- Abdasa Taluka Location in Gujarat, India Abdasa Taluka Abdasa Taluka (India)
- Coordinates: 23°15′N 069°00′E﻿ / ﻿23.250°N 69.000°E
- Country: India
- State: Gujarat
- District: Kutch

Population (2001)
- • Total: 97,508
- Time zone: UTC+5:30 (IST)
- Vehicle registration: GJ
- Lok Sabha constituency: Kachchh
- Vidhan Sabha constituency: Abdasa
- Website: gujaratindia.com

= Abdasa taluka =

Abdasa Taluka is a taluka (administrative subdivision) in Kutch District, Gujarat, India. Its administrative centre is the town of Naliya. The taluka covers 2398.26 sqkm.

==Demographics==
In the 2001 India census, Abdasa Taluka had 97,508 inhabitants, 51.0% (49,740) male and 49.0% (47,768) female. This represented a 12.9% increase from 1991. The gender ratio in 2001 was 960 females per thousand males, a significant change from the 1002 value of 1991. The taluka was entirely rural.

==Points of interest==
The Kutch Bustard Sanctuary, also known as Lala–Parjan Sanctuary, is located in the taluka. With an area of about only 2 square kilometers, it is the smallest sanctuary in the country. There are approximately 30 great Indian bustards here, second in population only to Desert National Park, Rajasthan.
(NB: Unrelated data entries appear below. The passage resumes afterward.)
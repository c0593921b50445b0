//! Numbers and the three words of a JSON text.

ghost use Rattle.std.specs.Prelude.{◌≤◌, length, IfSome};
ghost use Rattle.ipcz_places.specs.Faults.{Passes};
ghost use Rattle.ipcz_places.specs.Values.{BeginsIn};

use crate::broken::{Broken, JsonFault};

// The greatest number that is read has 309 digits before its point.
const MOST_DIGITS: usize = 309;

// Whether a byte may stand in a word or in a number.
fn is_of_word(byte: u8) -> bool {
    byte.is_ascii_alphanumeric() || byte == b'-' || byte == b'+' || byte == b'.' || byte == b'_'
}

// The offset behind the word or the number that begins here.
fn end_of_word(text: &[u8], from: usize) -> usize
    requires { from ≤ length text.now }
    ensures { (from ≤ result) × (result ≤ length text.now) }
{
    for i in from..text.len() {
        if !is_of_word(text[i]) {
            return i;
        }
    }
    text.len()
}

// The offset behind the digits that begin here.
fn end_of_digits(word: &[u8], from: usize) -> usize
    requires { from ≤ length word.now }
    ensures { (from ≤ result) × (result ≤ length word.now) }
{
    for i in from..word.len() {
        if !word[i].is_ascii_digit() {
            return i;
        }
    }
    word.len()
}

// The offset behind a sign, if one of the two stands here.
fn behind_sign(word: &[u8], from: usize) -> usize
    requires { from ≤ length word.now }
    ensures { (from ≤ result) × (result ≤ length word.now) }
{
    if from < word.len() && (word[from] == b'-' || word[from] == b'+') {
        from + 1
    } else {
        from
    }
}

// The offset behind the whole part of a number: 0, or digits of which the first isn't 0; none if there is no such part.
fn end_of_whole(word: &[u8]) -> Option<usize>
    ensures { IfSome result (λ end. end ≤ length word.now) }
{
    let from = if word.len() > 0 && word[0] == b'-' {
        1
    } else {
        0
    };
    let end = end_of_digits(word, from);
    if end == from || (word[from] == b'0' && end > from + 1) {
        return None;
    }
    Some(end)
}

// The offset behind the fraction that begins here, or the same one if none does; none if a point has no digits.
fn end_of_fraction(word: &[u8], from: usize) -> Option<usize>
    requires { from ≤ length word.now }
    ensures { IfSome result (λ end. end ≤ length word.now) }
{
    if from >= word.len() || word[from] != b'.' {
        return Some(from);
    }
    let end = end_of_digits(word, from + 1);
    if end > from + 1 { Some(end) } else { None }
}

// The offset behind the exponent that begins here, or the same one if none does; none if an exponent has no digits.
fn end_of_exponent(word: &[u8], from: usize) -> Option<usize>
    requires { from ≤ length word.now }
    ensures { IfSome result (λ end. end ≤ length word.now) }
{
    if from >= word.len() || (word[from] != b'e' && word[from] != b'E') {
        return Some(from);
    }
    let digits = behind_sign(word, from + 1);
    let end = end_of_digits(word, digits);
    if end > digits { Some(end) } else { None }
}

fn is_number(word: &[u8]) -> bool {
    let Some(whole) = end_of_whole(word) else {
        return false;
    };
    let Some(fraction) = end_of_fraction(word, whole) else {
        return false;
    };
    end_of_exponent(word, fraction) == Some(word.len())
}

// The offset of the `e` of a number, or the number's end.
fn exponent_of(word: &[u8]) -> usize
    ensures { result ≤ length word.now }
{
    for i in 0..word.len() {
        if word[i] == b'e' || word[i] == b'E' {
            return i;
        }
    }
    word.len()
}

// The number that these digits are, or a greater one if it is above all that matter.
fn value_of(digits: &[u8]) -> usize {
    let mut value: usize = 0;
    for digit in digits {
        value = value
            .saturating_mul(10)
            .saturating_add(digit.saturating_sub(b'0') as usize);
    }
    value
}

// How many digits stand from the first one that isn't 0 on up to the point; none if there is no such digit before it.
fn digits_before(front: &[u8]) -> Option<usize> {
    for i in 0..front.len() {
        if front[i] >= b'1' && front[i] <= b'9' {
            return Some(end_of_digits(front, i) - i);
        }
        if front[i] == b'.' {
            return None;
        }
    }
    None
}

// Whether a number that isn't below 1 without its exponent is above all that are read.
fn is_large(word: &[u8]) -> bool {
    let at = exponent_of(word);
    let Some(digits) = digits_before(&word[..at]) else {
        return false;
    };
    if at == word.len() {
        return digits > MOST_DIGITS;
    }
    let from = behind_sign(word, at + 1);
    let exponent = value_of(&word[from..]);
    if word[at + 1..from].contains(&b'-') {
        return digits > exponent.saturating_add(MOST_DIGITS);
    }
    exponent.saturating_add(digits) > MOST_DIGITS
}

fn is_word(word: &[u8]) -> bool {
    word == b"true".as_slice() || word == b"false".as_slice() || word == b"null".as_slice()
}

/// The offset behind the word or the number that begins here, or that it is none, or too large a number.
pub fn behind_word(text: &[u8], from: usize) -> Result<usize, JsonFault>
    requires here { BeginsIn text.now from }
    ensures passes { Passes text.now from result }
{
    let end = end_of_word(text, from);
    let word = &text[from..end];
    if end == from || !(is_word(word) || is_number(word)) {
        return Err(JsonFault {
            offset: from,
            why: Broken::NoValue,
        });
    }
    if is_number(word) && is_large(word) {
        return Err(JsonFault {
            offset: from,
            why: Broken::LargeNumber,
        });
    }
    Ok(end)
}
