//! Where the values of a JSON text begin, and where they end. Of a text that is no JSON some offsets are told, too.

ghost use Rattle.std.specs.Prelude.{◌≡◌, ◌<◌, ◌≤◌, length, IfOk};
ghost use Rattle.std.specs.List.{All};
ghost use Rattle.ipcz_places.specs.Values.{is_space, BeginsIn, MembersBegin};

use std::alloc::{AllocError, Global};

/// The offsets at which a member's name and its value begin.
#[derive(Clone, Copy, Debug, PartialEq, Eq)]
pub struct Member {
    pub name: usize,
    pub value: usize,
}

fn is_space(byte: u8) -> bool
    ensures { result ≡ is_space byte }
{
    byte == b' ' || byte == b'\t' || byte == b'\n' || byte == b'\r'
}

// The first offset from one on at which no space stands, or the text's end.
pub(crate) fn behind_spaces(text: &[u8], from: usize) -> usize
    requires { from ≤ length text.now }
    ensures forward { (from ≤ result) × (result ≤ length text.now) }
    ensures begins { result < length text.now → BeginsIn text.now result }
{
    for i in from..text.len() {
        if !is_space(text[i]) {
            return i;
        }
    }
    text.len()
}

// The offset behind a string whose quotation mark stands here.
fn behind_string(text: &[u8], from: usize) -> usize
    requires { from < length text.now }
    ensures { (from < result) × (result ≤ length text.now) }
{
    let mut escaped = false;
    for i in from + 1..text.len() {
        match text[i] {
            b'"' if !escaped => return i + 1,
            b'\\' if !escaped => escaped = true,
            _ => escaped = false,
        }
    }
    text.len()
}

// Whether a byte ends a value that stands in no list or object of its own.
fn is_end(byte: u8) -> bool {
    is_space(byte) || byte == b',' || byte == b':' || byte == b']' || byte == b'}'
}

// How many lists and objects are open behind a byte.
fn depth_behind(depth: usize, byte: u8) -> usize {
    match byte {
        b'[' | b'{' => depth.saturating_add(1),
        b']' | b'}' => depth.saturating_sub(1),
        _ => depth,
    }
}

/// The offset behind the value that begins here: at least one byte further.
pub fn end_of_value(text: &[u8], from: usize) -> usize
    requires within { from < length text.now }
    ensures behind { (from < result) × (result ≤ length text.now) }
{
    let mut depth = 0;
    let mut end = from;
    'passing: while end < text.len() {
        let byte = text[end];
        if depth == 0 && end > from && is_end(byte) {
            return end;
        }
        let was = depth;
        depth = depth_behind(depth, byte);
        end = if byte == b'"' {
            behind_string(text, end)
        } else {
            end + 1
        };
        if depth < was && depth == 0 {
            return end;
        }
    }
    end
}

// The offset of what stands behind a value and a comma.
fn next_item(text: &[u8], from: usize) -> usize
    requires { from < length text.now }
    ensures forward { (from < result) × (result ≤ length text.now) }
    ensures begins { result < length text.now → BeginsIn text.now result }
{
    let end = behind_spaces(text, end_of_value(text, from));
    if end < text.len() && text[end] == b',' {
        behind_spaces(text, end + 1)
    } else {
        end
    }
}

/// The offsets of the values of the list that begins here; none if it is no list.
pub fn items(alloc: Global, text: &[u8], at: usize) -> Result<Vec<usize>, AllocError>
    ensures begin { IfOk result (λ starts. All (BeginsIn text.now) starts.items) }
{
    let mut starts = Vec::new(alloc);
    if at >= text.len() || text[at] != b'[' {
        return Ok(starts);
    }
    let mut from = behind_spaces(text, at + 1);
    'walking: while from < text.len() && text[from] != b']' {
        starts.push(from)?;
        from = next_item(text, from);
    }
    Ok(starts)
}

// The member whose name begins here.
fn member_at(text: &[u8], name: usize) -> Member
    requires { BeginsIn text.now name }
    ensures { (result.name ≡ name) × (name ≤ result.value) × BeginsIn text.now result.value }
{
    let colon = behind_spaces(text, behind_string(text, name));
    if colon < text.len() {
        let value = behind_spaces(text, colon + 1);
        if value < text.len() {
            return Member { name, value };
        }
    }
    Member { name, value: name }
}

/// The offsets of the members of the object that begins here; none if it is no object.
pub fn members(alloc: Global, text: &[u8], at: usize) -> Result<Vec<Member>, AllocError>
    ensures begin { IfOk result (λ found. All (MembersBegin text.now) found.items) }
{
    let mut found = Vec::new(alloc);
    if at >= text.len() || text[at] != b'{' {
        return Ok(found);
    }
    let mut from = behind_spaces(text, at + 1);
    'walking: while from < text.len() && text[from] != b'}' {
        let member = member_at(text, from);
        found.push(member)?;
        from = next_item(text, member.value);
    }
    Ok(found)
}

// The last offset up to one at which a character may begin.
fn character_start(text: &[u8], from: usize, end: usize) -> usize
    requires { (from ≤ end) × (end ≤ length text.now) }
    ensures { (from ≤ result) × (result ≤ end) }
{
    let mut start = end;
    'backing: while start > from && start < text.len() && text[start] & 0xc0 == 0x80 {
        start -= 1;
    }
    start
}

// The first offset from one up to another at which a control character stands, or the other.
fn end_of_line(text: &[u8], from: usize, end: usize) -> usize
    requires { (from ≤ end) × (end ≤ length text.now) }
    ensures { (from ≤ result) × (result ≤ end) }
{
    for i in from..end {
        if text[i] < b' ' {
            return i;
        }
    }
    end
}

/// What to show of the value that begins here: its first line, and at most 40 bytes of it. Empty at the text's end.
pub fn excerpt(text: &[u8], from: usize) -> &[u8]
    ensures few { length result.now ≤ 40 }
{
    if from >= text.len() {
        return &[];
    }
    let end = end_of_value(text, from);
    let end = character_start(text, from, end.min(from + 40));
    &text[from..end_of_line(text, from, end)]
}

/// The offset of the value that the text is, or the text's end.
pub fn first_value(text: &[u8]) -> usize
    ensures within { result ≤ length text.now }
    ensures begins { result < length text.now → BeginsIn text.now result }
{
    behind_spaces(text, 0)
}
Also Abdasa Taluka is a major pilgrimage center for Jains as it holds their sacred and famous five temples located in five towns of taluka - Jakhau, Naliya, Tera, Kothara and Suthari - which are in group known as Abdasa ni Panchtirthi - meaning five tirthas of Abdasa.

==Villages==
Abdasa Taluka has eighty-five panchayat villages, and a total of 167 villages Including Varandi Moti.

== Economy ==
The main crops are cotton, millet, groundnut, sunflower, and wheat. Bentonite is commercially mined.

==Rivers==
Abdasa Taluka is drained by three rivers namely - Khari river, Kankavati river and Berachiya river.